Penalties for such infractions can include docked votes and suspension of campaign activities, but in this case the charge was dismissed after an election-board hearing, and the candidates, who had been running unopposed anyway, won.
“The downside is that it gets more and more complicated,” said Pat Bosco, vice president for student life and dean of students at Kansas State University. Things seemed simpler when Dr. Bosco was elected student-government president at Kansas State in 1970, after an election in which students cast their votes on paper ballots at a single campus polling booth. “It was a wide open campaign” with fewer rules than today, he recalled.
Vote-docking, intended as an alternative to fines that some students can’t afford, amounts to “disenfranchising that population,” said W.H. “Butch” Oxendine Jr., executive director of the American Student Government Association, which runs conferences for student-government leaders.
The tighter rules “may be a function of our culture. We protect people more. We’re more insulated,” he said.
Taylor Pulliam, a junior at North Carolina State University, was initially ruled ineligible to run for president this year because the student government board of elections claimed he didn’t attend the required number of senate or cabinet meetings.

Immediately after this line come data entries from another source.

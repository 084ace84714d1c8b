//! What may happen to coordinators.

/// An event in a run of coordinators. Coordinators are numbered from 0, and so are packets, in the
/// order in which they are sent.
#[derive(Drop)]
pub enum Event {
    /// Bytes are sent, which may encode an answer.
    Post(Vec<u8>),
    /// A coordinator sends what it holds.
    Share(usize),
    /// A packet comes to a coordinator.
    Take { to: usize, packet: usize },
    /// A coordinator saves what it holds.
    Save(usize),
    /// A coordinator goes back to what it saved last, or to nothing where it saved nothing.
    Restart(usize),
}
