//! The keys of a dimension, of which no two may be equal.
ghost use Rattle.std.specs.Prelude.{◌≡◌, ◌++◌, [], ◌∷◌, List, not, true, false, IfOk};
ghost use Rattle.meaning.specs.declared.value.Value.{Value as AValue};
ghost use Rattle.meaning.specs.Order.{is_null};
ghost use Rattle.meaning.specs.Records.{is_repeated};
ghost use Rattle.loader.specs.Keys.{HoldsKeys};

use meaning::Value;
use std::alloc::{AllocError, Global};
use std::collections::BTreeSet;

/// The keys so far that aren't NULL.
#[derive(Drop)]
pub struct Keys {
    present: BTreeSet<Value>,
}

fn is_null(key: &Value) -> bool
    ensures { result ≡ is_null key.now }
{
    match key {
        Value::Null => true,
        Value::Int(_) | Value::Text(_) => false,
    }
}

impl Keys {
    pub fn new(alloc: Global) -> Keys
        ensures { HoldsKeys result.present [] }
    {
        Keys {
            present: BTreeSet::new(alloc),
        }
    }

    /// Takes a key, and answers whether it is new. Any number of keys may be NULL.
    pub fn insert(&mut self, key: Value) -> Result<bool, AllocError>
        ensures { (seen : List AValue) → HoldsKeys self.old.present seen
            → IfOk result (λ added. (added ≡ not (is_repeated key seen))
            × HoldsKeys self.new.present (seen ++ key ∷ [])) }
    {
        if is_null(&key) {
            return Ok(true);
        }
        Ok(self.present.insert(key)?)
    }
}
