//! Records judged one after the other and put into columns.
ghost use Rattle.std.specs.Prelude.{◌≡◌, ◌-◌, slice_get, slice_index_or, [], ◌+◌, ◌<◌, ◌^◌, List, length, map, ℕ, Some, Ok, Err, IfOk, IfErr, OnOk, true, false};
ghost use Rattle.csv.specs.Records.{AllText, fields_of};
ghost use Rattle.meaning.specs.declared.value.Value.TheVariants.{Null};
ghost use Rattle.meaning.specs.declared.value.Value.TheVariants as of_value;
ghost use Rattle.meaning.specs.Records.{Record};
ghost use Rattle.meaning.specs.Records as records;
ghost use Rattle.columns.specs.Rows.{columns_of};
ghost use Rattle.loader.specs.Columns.{AreAtMost, AreDeclared, AreRowsOf, HaveMore, last_in, no_rows, row_counts};
ghost use Rattle.loader.specs.Fault.{IsOutside};
ghost use Rattle.loader.specs.Keys.{HoldsKeys};
ghost use Rattle.loader.specs.Source.{IsLeft, csv_records};
ghost use Rattle.loader.specs.Steps.{Opens, IsFaultOf, IsOrderOf, TakesAll, TakesTable, is_more, keyed_rows, TakesFragment, TakesNextRow, TakesRow, TakesRows};

use crate::fault::LoadFault;
use crate::field::Parsed;
use crate::header::{FileOrder, field_at, order_of};
use crate::in_order::take_fields;
use crate::keys::Keys;
use crate::record::{judge_fields, judge_texts};
use crate::rows::push_row;
use crate::source::{csv_reader, next_record};
use columns::Column;
use csv::{ByteRecord, Reader};
use meaning::{Column as Declared, Sequence, TableFault, Value, text_of};
use std::alloc::{AllocError, Global};
use std::io::Read;
use std::mem::drop;

/// The most rows that a column has room for at its beginning.
const MOST_ROOM: usize = 262_144;

fn new_column(alloc: Global, declared: &Declared, rows: usize) -> Result<Column, AllocError>
    ensures { IfOk result (λ column. column ≡ no_rows declared.now) }
{
    Column::with_capacity(alloc, declared.col_type, declared.nullable, rows)
}

fn no_columns(alloc: Global, declared: &[Declared], rows: usize) -> Result<Vec<Column>, AllocError>
    ensures { IfOk result (λ columns. columns.items ≡ map no_rows declared.now) }
{
    let mut columns = Vec::with_capacity(alloc, declared.len())?;
    for column in declared {
        columns.push(new_column(alloc, column, rows)?)?;
    }
    Ok(columns)
}

/// Columns without rows, as they are declared, with room for about so many.
#[tactic(auto, using(crate::proofs::Tables::no_rows_of))]
pub fn new_columns(
    alloc: Global,
    declared: &[Declared],
    rows: usize,
) -> Result<Vec<Column>, AllocError>
    ensures { IfOk result (λ columns. columns.items ≡ columns_of declared.now []) }
{
    no_columns(alloc, declared, rows.min(MOST_ROOM))
}

/// The value of the last row, and NULL where there is none.
fn last_value(alloc: Global, column: &Column) -> Result<Value, AllocError>
    ensures { IfOk result (λ v. v
        ≡ slice_index_or column.now.values (length column.now.values - 1) Null) }
{
    if column.len() == 0 {
        return Ok(Value::Null);
    }
    column.get(column.len() - 1).to_value(alloc)
}

/// The value of the last row in a column, and NULL where there is no such column.
fn last_key(alloc: Global, columns: &[Column], key: usize) -> Result<Value, AllocError>
    ensures { IfOk result (λ v. v ≡ last_in (slice_get columns.now key)) }
{
    match columns.get(key) {
        Some(column) => last_value(alloc, column),
        None => Ok(Value::Null),
    }
}

/// Judges a record of texts, and puts its row behind the last rows. `parsed` is room that is used
/// again.
pub fn load_record(
    declared: &[Declared],
    order: &FileOrder,
    row: u64,
    fields: &ByteRecord,
    parsed: &mut Vec<Parsed>,
    columns: &mut [Column],
) -> Result<(), LoadFault>
    requires columns { AreDeclared declared.now columns.old }
    requires order { IsOrderOf declared.now order.now.columns.items }
    requires texts { AllText (fields_of fields.now) }
    ensures { TakesRow (records.row_of declared.now order.now.columns.items row
        (fields_of fields.now)) columns.old columns.new result }
{
    if fields.len() != declared.len() {
        return Err(LoadFault::Table(TableFault::FieldCount { row }));
    }
    if order.in_order {
        return take_fields(declared, row, fields, columns);
    }
    judge_texts(declared, &order.columns, row, fields, parsed)?;
    push_row(columns, order, parsed, fields)
}

/// Whether a record is of ASCII alone.
fn is_ascii(fields: &ByteRecord) -> bool
    ensures { result ≡ true → AllText (fields_of fields.now) }
{
    fields.as_slice().is_ascii()
}

fn is_each_text(fields: &ByteRecord) -> bool
    ensures { result ≡ true → AllText (fields_of fields.now) }
{
    for i in 0..fields.len() {
        let Some(field) = field_at(fields, i) else {
            unreachable!()
        };
        if text_of(field).is_none() {
            return false;
        }
    }
    true
}

/// Refuses a record of which some field is no text, by its first fault. Most records are of ASCII
/// alone, so that their fields need no look one by one.
fn check_texts(
    declared: &[Declared],
    order: &FileOrder,
    row: u64,
    fields: &ByteRecord,
    parsed: &mut Vec<Parsed>,
) -> Result<(), LoadFault>
    requires { IsOrderOf declared.now order.now.columns.items }
    ensures texts { OnOk result (AllText (fields_of fields.now)) }
    ensures refused { IfErr result
        (IsFaultOf (records.row_of declared.now order.now.columns.items row
        (fields_of fields.now))) }
{
    if is_ascii(fields) || is_each_text(fields) {
        return Ok(());
    }
    if fields.len() != declared.len() {
        return Err(LoadFault::Table(TableFault::FieldCount { row }));
    }
    judge_fields(declared, &order.columns, row, fields, parsed)
}

/// The records of a file, on their way into columns.
#[derive(Drop)]
pub struct Rows<'c, R> {
    alloc: Global,
    reader: Reader<R>,
    declared: &'c [Declared],
    order: FileOrder,
    // Room that is used again from record to record.
    fields: ByteRecord,
    parsed: Vec<Parsed>,
    ghost order_is: { IsOrderOf declared.now order.columns.items },
}

/// The order of the columns that the first record names.
fn read_header<R: Read>(
    alloc: Global,
    declared: &[Declared],
    reader: &mut Reader<R>,
    fields: &mut ByteRecord,
) -> Result<FileOrder, LoadFault>
    ensures declared { IfOk result (λ order. IsOrderOf declared.now order.columns.items) }
    ensures opened { (rest : List Record) → IsLeft R.remaining reader.old rest
        → Opens (λ order. order.columns.items) (λ _. reader.new) R.remaining declared.now rest
        result }
{
    if !next_record(reader, fields)? {
        return Err(LoadFault::Table(TableFault::Header));
    }
    order_of(alloc, declared, fields)
}

/// The records behind the header of a file, whose columns are declared so.
pub fn open_rows<R: Read + Drop>(
    alloc: Global,
    declared: &[Declared],
    reader: R,
) -> Result<Rows<'_, R>, LoadFault>
    ensures declared { IfOk result (λ rows. (rows.declared.now ≡ declared.now)
        × (length declared.now ≡ length rows.order.columns.items)) }
    ensures opened { (bytes : List ℕ) → R.remaining reader ≡ Some bytes
        → Opens (λ rows. rows.order.columns.items) (λ rows. rows.reader) R.remaining declared.now
        (csv_records bytes) result }
{
    let mut reader = csv_reader(alloc, reader);
    let mut fields = ByteRecord::new(alloc);
    match read_header(alloc, declared, &mut reader, &mut fields) {
        Ok(order) => Ok(Rows {
            alloc,
            reader,
            declared,
            order,
            fields,
            parsed: Vec::new(alloc),
        }),
        Err(fault) => {
            drop(reader);
            drop(fields);
            Err(fault)
        }
    }
}

impl<R: Read> Rows<'_, R> {
    /// Puts the row of the record that was read behind the last rows.
    fn take_record(&mut self, row: u64, columns: &mut [Column]) -> Result<(), LoadFault>
        requires { AreDeclared self.old.declared.now columns.old }
        ensures declared { self.new.declared.now ≡ self.old.declared.now }
        ensures kept { OnOk result (AreDeclared self.old.declared.now columns.new) }
        ensures longer { OnOk result
            (row_counts columns.new ≡ map (λ n. n + 1) (row_counts columns.old)) }
        ensures order { self.new.order ≡ self.old.order }
        ensures reader { self.new.reader ≡ self.old.reader }
        ensures taken { TakesRow
            (records.row_of self.old.declared.now self.old.order.columns.items row
            (fields_of self.old.fields)) columns.old columns.new result }
    {
        check_texts(
            self.declared,
            &self.order,
            row,
            &self.fields,
            &mut self.parsed,
        )?;
        load_record(
            self.declared,
            &self.order,
            row,
            &self.fields,
            &mut self.parsed,
            columns,
        )
    }

    /// Puts the next record's row behind the last rows, if there is a next record.
    fn next_row(&mut self, row: u64, columns: &mut [Column]) -> Result<bool, LoadFault>
        requires { AreDeclared self.old.declared.now columns.old }
        ensures declared { self.new.declared.now ≡ self.old.declared.now }
        ensures kept { OnOk result (AreDeclared self.old.declared.now columns.new) }
        ensures longer { IfOk result (λ found. found ≡ true
            → row_counts columns.new ≡ map (λ n. n + 1) (row_counts columns.old)) }
        ensures same { IfOk result (λ found. found ≡ false → columns.new ≡ columns.old) }
        ensures order { self.new.order ≡ self.old.order }
        ensures taken { (rest : List Record) → IsLeft R.remaining self.old.reader rest
            → TakesNextRow R.remaining self.old.declared.now self.old.order.columns.items row rest
            columns.old columns.new self.new.reader result }
    {
        if !next_record(&mut self.reader, &mut self.fields)? {
            return Ok(false);
        }
        self.take_record(row, columns)?;
        Ok(true)
    }

    /// Puts the rows of so many records behind the last rows. Rows count from `first`.
    fn next_rows(&mut self, first: u64, count: u32, columns: &mut [Column]) -> Result<(), LoadFault>
        requires columns { AreDeclared self.old.declared.now columns.old }
        requires numbers { first + count < 2 ^ 64 }
        ensures declared { self.new.declared.now ≡ self.old.declared.now }
        ensures order { self.new.order ≡ self.old.order }
        ensures kept { OnOk result (AreDeclared self.old.declared.now columns.new) }
        ensures longer { OnOk result
            (row_counts columns.new ≡ map (λ n. n + count) (row_counts columns.old)) }
        ensures taken { (rest : List Record) → IsLeft R.remaining self.old.reader rest
            → TakesRows R.remaining self.old.declared.now self.old.order.columns.items first count
            rest columns.old columns.new self.new.reader result }
    {
        for i in 0..count {
            if !self.next_row(first + u64::from(i), columns)? {
                return Err(LoadFault::Table(TableFault::TooFewRows));
            }
        }
        Ok(())
    }

    /// The columns of a fragment, made of the next records. Rows count from `first`.
    pub fn fragment(
        &mut self,
        alloc: Global,
        first: u64,
        count: u32,
    ) -> Result<Sequence<Column>, LoadFault>
        requires numbers { first + count < 2 ^ 64 }
        ensures declared { self.new.declared.now ≡ self.old.declared.now }
        ensures order { self.new.order ≡ self.old.order }
        ensures rows { IfOk result (AreRowsOf self.old.declared.now count) }
        ensures taken { (rest : List Record) → IsLeft R.remaining self.old.reader rest
            → TakesFragment R.remaining self.old.declared.now self.old.order.columns.items first
            count rest self.new.reader result }
    {
        let mut columns = new_columns(alloc, self.declared, count as usize)?;
        self.next_rows(first, count, &mut columns)?;
        Ok(Sequence::from_vec(columns))
    }

    /// Whether there is a record more, which is then passed over.
    pub fn has_more(&mut self) -> Result<bool, LoadFault>
        ensures declared { self.new.declared.now ≡ self.old.declared.now }
        ensures found { IfOk result (λ found. (rest : List Record)
            → IsLeft R.remaining self.old.reader rest → found ≡ is_more rest) }
        ensures refused { IfErr result IsOutside }
    {
        next_record(&mut self.reader, &mut self.fields)
    }

    /// Puts the rows of all records behind the last rows, and their keys into `keys`.
    fn add_keyed_rows(
        &mut self,
        alloc: Global,
        key: usize,
        most: u64,
        keys: &mut Keys,
        columns: &mut [Column],
    ) -> Result<(), LoadFault>
        requires columns { AreDeclared self.old.declared.now columns.old }
        requires none { HoldsKeys keys.old.present [] }
        ensures kept { OnOk result (AreDeclared self.old.declared.now columns.new) }
        ensures longer { OnOk result (HaveMore most columns.old columns.new) }
        ensures taken { (rest : List Record) → IsLeft R.remaining self.old.reader rest
            → TakesAll self.old.declared.now self.old.order.columns.items key most rest columns.old
            columns.new result }
    {
        for row in 0..most {
            if !self.next_row(row, columns)? {
                return Ok(());
            }
            if !keys.insert(last_key(alloc, columns, key)?)? {
                return Err(LoadFault::Table(TableFault::KeyTwice { row }));
            }
        }
        if self.has_more()? {
            return Err(LoadFault::Table(TableFault::TooManyRows));
        }
        Ok(())
    }

    /// Puts the rows of all records behind the last rows. No two rows have the same key, unless it
    /// is NULL, and there are at most `most` rows.
    pub fn keyed_rows(
        &mut self,
        alloc: Global,
        key: usize,
        most: u64,
        columns: &mut [Column],
    ) -> Result<(), LoadFault>
        requires { AreDeclared self.old.declared.now columns.old }
        ensures kept { OnOk result (AreDeclared self.old.declared.now columns.new) }
        ensures longer { OnOk result (HaveMore most columns.old columns.new) }
        ensures taken { (rest : List Record) → IsLeft R.remaining self.old.reader rest
            → TakesAll self.old.declared.now self.old.order.columns.items key most rest columns.old
            columns.new result }
    {
        let mut keys = Keys::new(alloc);
        let added = self.add_keyed_rows(alloc, key, most, &mut keys, columns);
        drop(keys);
        added
    }

    /// The columns of all records, of which no two have the same key, and of which there are at
    /// most `most`.
    pub fn keyed_columns(
        &mut self,
        alloc: Global,
        key: usize,
        most: u64,
    ) -> Result<Sequence<Column>, LoadFault>
        requires { length self.old.declared.now ≡ length self.old.order.columns.items }
        ensures rows { IfOk result (AreAtMost self.old.declared.now most) }
        ensures taken { (rest : List Record) → IsLeft R.remaining self.old.reader rest
            → TakesTable self.old.declared.now
            (keyed_rows self.old.declared.now self.old.order.columns.items key most rest) result }
    {
        let mut columns = new_columns(alloc, self.declared, 0)?;
        self.keyed_rows(alloc, key, most, &mut columns)?;
        Ok(Sequence::from_vec(columns))
    }
}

A special committee composed of other student-government officials, meeting at the student-unfriendly hour of 8 a.m. on a Friday, overturned the ruling after Mr. Pulliam provided selfies, text messages and witness testimony proving he was there.Mr. Pulliam said he was so overjoyed when his eligibility was restored he “kind of freaked out a little bit.”
Last year at Miami University in Oxford, Ohio, one student’s campaign was penalized with a 24-hour suspension when he allegedly circulated via Snapchat a video of the burning of a T-shirt with a rival campaign’s logo; a student court later struck down the penalty.
For this year’s ballot, the election committee made the rules “a little more flexible,” said Cole Hankins, a sophomore and chair of the committee. Policing the elections is still a tough job. “I would be lying if I said I didn’t have a lot of sleepless nights,” he said.
At Duke’s Durham, N.C., campus, a 90-minute hearing for Ms. Smith’s appeal of the iPad violation was held after spring break. Seven student justices, most wearing black robes, sat at a table in front of open laptops. About 40 people filled a conference room, and hundreds more watched via a Facebook Live broadcast set up by the student newspaper, the Duke Chronicle.
Luke Farrell, a junior majoring in neuroscience and computer science who is Ms. Smith’s campaign manager, told the justices the iPad in question had been locked and placed on a nearby table, and wasn’t used to access the electronic-ballot system. He called the vote-docking penalty “obscene.”
The attorney general, Shreya Bhatia, countered that Ms. Smith’s iPad use showed “clear disregard and disrespect for” the device ban. Ms. Bhatia, a sophomore neuroscience major, said the election commission determined the number of votes to be docked by estimating how many students passed Ms. Smith’s campaign table that night.
The justices spent about four hours deliberating after the hearing, according to Chief Justice Dev Dabke, a math major heading to Princeton in the fall for a Ph.D. program. Eventually they concluded it was an unfair limitation on the right to free expression—as spelled out in the student-government constitution’s “Bill of Rights.” The justices restored Ms. Smith’s 200 docked votes.
Ms. Bhatia has no regrets about trying to enforce the device ban and said tough election oversight is needed “to preserve the integrity of the process under any circumstances.” She said she knew her decision wouldn’t be popular.
The day after the hearing, Ms. Smith was declared the winner. She called her campaign team and “we all convened at a restaurant to hug it out,” she said.Then she had to go to a class, “Legal Issues in Education.”